Pretty much everything you stated has an on/off feature.  With facebook, when you first launch facebook it will ask if you want it to sync with your contacts, then it will also ask if you want to add people who aren't already in your contacts (yes for the first, no for the second).

I can understand what you are saying about Google, there is quite a lot of info that is stored on their servers.  I have the option to sync with Google calendar, Gmail, and other Google apps.  I can select it to only sync my personal calendar and not my work calendars, I just have to say again I really love that feature.  Sure some may not want Google to know everything about them and their schedules, but for me it's just personal stuff, and I really love being able to make a change on my phone and have it automatically sync with the online calendars.  There have been many times where I make a change on my iPhone, but because I haven't synced it when I look at Outlook on my PC I still think I am free that day.

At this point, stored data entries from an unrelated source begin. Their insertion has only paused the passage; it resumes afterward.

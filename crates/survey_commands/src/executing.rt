//! What the program does for its arguments, and the status that it ends with.

ghost use Rattle.std.specs.Prelude.{◌≤◌, IfOk};
ghost use Rattle.survey_commands.specs.Ends.{IsStatusOf};

use crate::failures::SurveyError;
use crate::hits::print_hits;
use crate::looks::{Look, look_at};
use crate::pages::show_page;
use crate::steps::print_steps;
use crate::surveying::survey;
use exact_io::PromptWriter;
use std::io::Write;
use std::rt::{Clock, Files};
use words::{SurveyAsked, WordsError, read_survey_words};

/// Does what is asked for, and returns the status.
fn serve<R: Files + Clock + AllocGlobal + Clone + Drop, W1: Write, W2: Write>(
    rt: &R,
    asked: &SurveyAsked<'_>,
    has_progress: bool,
    out: &mut W1,
    err: &mut W2,
) -> Result<u8, SurveyError>
    ensures ends { IfOk result (IsStatusOf asked.now) }
    ensures most { IfOk result (λ status. status ≤ 5) }
{
    match asked {
        SurveyAsked::Survey(wanted) => survey(rt, wanted, has_progress, out, err),
        SurveyAsked::Log(path, part) => look_at(rt, *path, Look::Log(*part), out, err),
        SurveyAsked::Page(path) => show_page(rt, *path, out, err),
        SurveyAsked::Listing(path) => look_at(rt, *path, Look::Listing, out, err),
        SurveyAsked::Graph(path) => look_at(rt, *path, Look::Graph, out, err),
        SurveyAsked::Hits(run, format) => print_hits(rt, *run, *format, out, err),
        SurveyAsked::Steps(run, frame, is_json) => print_steps(
            rt, *run, *frame, *is_json, out, err,
        ),
    }
}

/// Flushes standard output after a task that has not failed. If the flush fails, that is how the
/// task ended.
fn flushed<R: AllocGlobal, W: Write + Drop>(
    rt: &R,
    ended: Result<u8, SurveyError>,
    out: &mut PromptWriter<W>,
) -> Result<u8, SurveyError>
    requires { IfOk ended (λ status. status ≤ 5) }
    ensures { IfOk result (λ status. status ≤ 5) }
{
    let status = ended?;
    match out.flush() {
        Ok(()) => Ok(status),
        Err(error) => Err(SurveyError::of_output(rt.alloc(), error.kind())),
    }
}

/// Does what the arguments ask for, and returns the program's status: 0 all images are accepted, 1
/// invalid arguments, 2 one is refused, 3 a stream had a fault, 4 a file or an output failed, 5 out
/// of memory. With
/// `has_progress` the progress of a survey is written to standard error.
pub fn execute<R: Files + Clock + AllocGlobal + Clone + Drop, W1: Write + Drop, W2: Write>(
    rt: &R,
    words: &[String],
    has_progress: bool,
    out: &mut PromptWriter<W1>,
    err: &mut W2,
) -> u8
    ensures { result ≤ 5 }
{
    let asked = match read_survey_words(rt.alloc(), words) {
        Ok(asked) => asked,
        Err(error) => return SurveyError::of_words(error).tell(err),
    };
    let ended = serve(rt, &asked, has_progress, out, err);
    match flushed(rt, ended, out) {
        Ok(status) => status,
        Err(failure) => failure.tell(err),
    }
}

/// Does what the program's arguments ask for, and returns its status; if they could not be read,
/// standard error says why.
pub fn execute_given<R: Files + Clock + AllocGlobal + Clone + Drop, W1: Write + Drop, W2: Write>(
    rt: &R,
    given: Result<Vec<String>, WordsError>,
    has_progress: bool,
    out: &mut PromptWriter<W1>,
    err: &mut W2,
) -> u8
    ensures { result ≤ 5 }
{
    match given {
        Ok(words) => execute(rt, words.as_slice(), has_progress, out, err),
        Err(error) => SurveyError::of_words(error).tell(err),
    }
}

I don't see how a phone carrier is really involved here though, it's just a data connection between the apps on your phone and Google's servers, it's just like saying that Microsoft is a third party on PC's.


----------



## tlarkin (Apr 21, 2010)

You know enough about networking to know what I am talking about.  The provider can view everything that goes on their network, and now it is tied into google.

I know I am stretching the paranoia here, but I mean it doesn't sit right with me.  I am just waiting for the super huge class action lawsuit to hit, that forces legislators to either endorse or deny our rights to privacy, and I think the latter will be the case considering they passed the Patriot Act in this country no problem.

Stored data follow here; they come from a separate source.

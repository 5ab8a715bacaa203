//! The frame stream that an image is run on.

ghost use Rattle.std.specs.Prelude.{◌≡◌};
ghost use Rattle.survey_commands.specs.Ends.{finish_status};

use crate::begun::NotBegun;
use crate::failures::SurveyError;
use frames::Buffered;
use isa_model::{Fault, Finish};
use messages::{FileForm, file_form_of, say_fault, write_texts};
use std::alloc::Global;
use std::fs;
use std::io::{Read, Write};
use std::rt::Files;

/// How many bytes of packet frames are read at a time.
const BUFFER: usize = 64 * 1024;

/// Opens a frame stream, with a buffer.
pub fn open_stream<R: Files>(
    rt: &R,
    alloc: Global,
    path: &str,
) -> Result<Buffered<<R as Files>::File>, NotBegun> {
    match fs::open(rt, path) {
        Ok(source) => match Buffered::new(alloc, BUFFER, source) {
            Ok(source) => Ok(source),
            Err(_) => Err(NotBegun::Failed(SurveyError::Memory)),
        },
        Err(error) => Err(NotBegun::Failed(SurveyError::of_read(alloc, path, error.kind()))),
    }
}

/// What the bytes are that a source begins with.
fn form_by<S: Read + Drop>(mut source: S) -> FileForm {
    let mut front = [0; 4];
    match source.read(&mut front) {
        Ok(count) => file_form_of(&front[..count.min(4)]),
        Err(_) => FileForm::Unknown,
    }
}

/// What a file is that has no magic of a frame stream; a pipe is not read again.
fn form_of<R: Files>(rt: &R, path: &str) -> FileForm {
    let is_file = match fs::metadata(rt, path) {
        Ok(found) => found.is_file(),
        Err(_) => false,
    };
    if !is_file {
        return FileForm::Unknown;
    }
    match fs::open(rt, path) {
        Ok(source) => form_by(source),
        Err(_) => FileForm::Unknown,
    }
}

/// Says on standard error which fault ended the stream of a file, and returns the status.
pub fn say_faulted<R: Files, W: Write>(rt: &R, path: &str, fault: Fault, err: &mut W) -> u8
    ensures { result ≡ 3 }
{
    let _ = match fault {
        Fault::BadMagic => {
            write_texts(err, fault.sentence(), form_of(rt, path).stream_line(), "")
        }
        _ => say_fault(err, fault, FileForm::Unknown),
    };
    3
}

/// Says on standard error which fault ended the stream of a file, if one did, and returns the
/// status.
pub fn say_finish<R: Files, W: Write>(rt: &R, path: &str, finish: Finish, err: &mut W) -> u8
    ensures { result ≡ finish_status finish }
{
    match finish {
        Finish::End => 0,
        Finish::Fault(fault, _) => say_faulted(rt, path, fault, err),
    }
}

What I like about the services for the iPhone is that you can anonymize your sync'd data by just subscribing to an aggregated hyper link over a third party service.  So basically, since everything is hashed out to random numbers, you'd have to send an invite to someone to subscribe to your calendar.  

I get cloud computing, but there is a lack of being able to control your services.  When you do it yourself and in house, the total cost of ownership goes up because you own it, you are responsible for it.  When you use third party the total cost of ownership goes down because you don't own it, but that also means you can no say in how it's done.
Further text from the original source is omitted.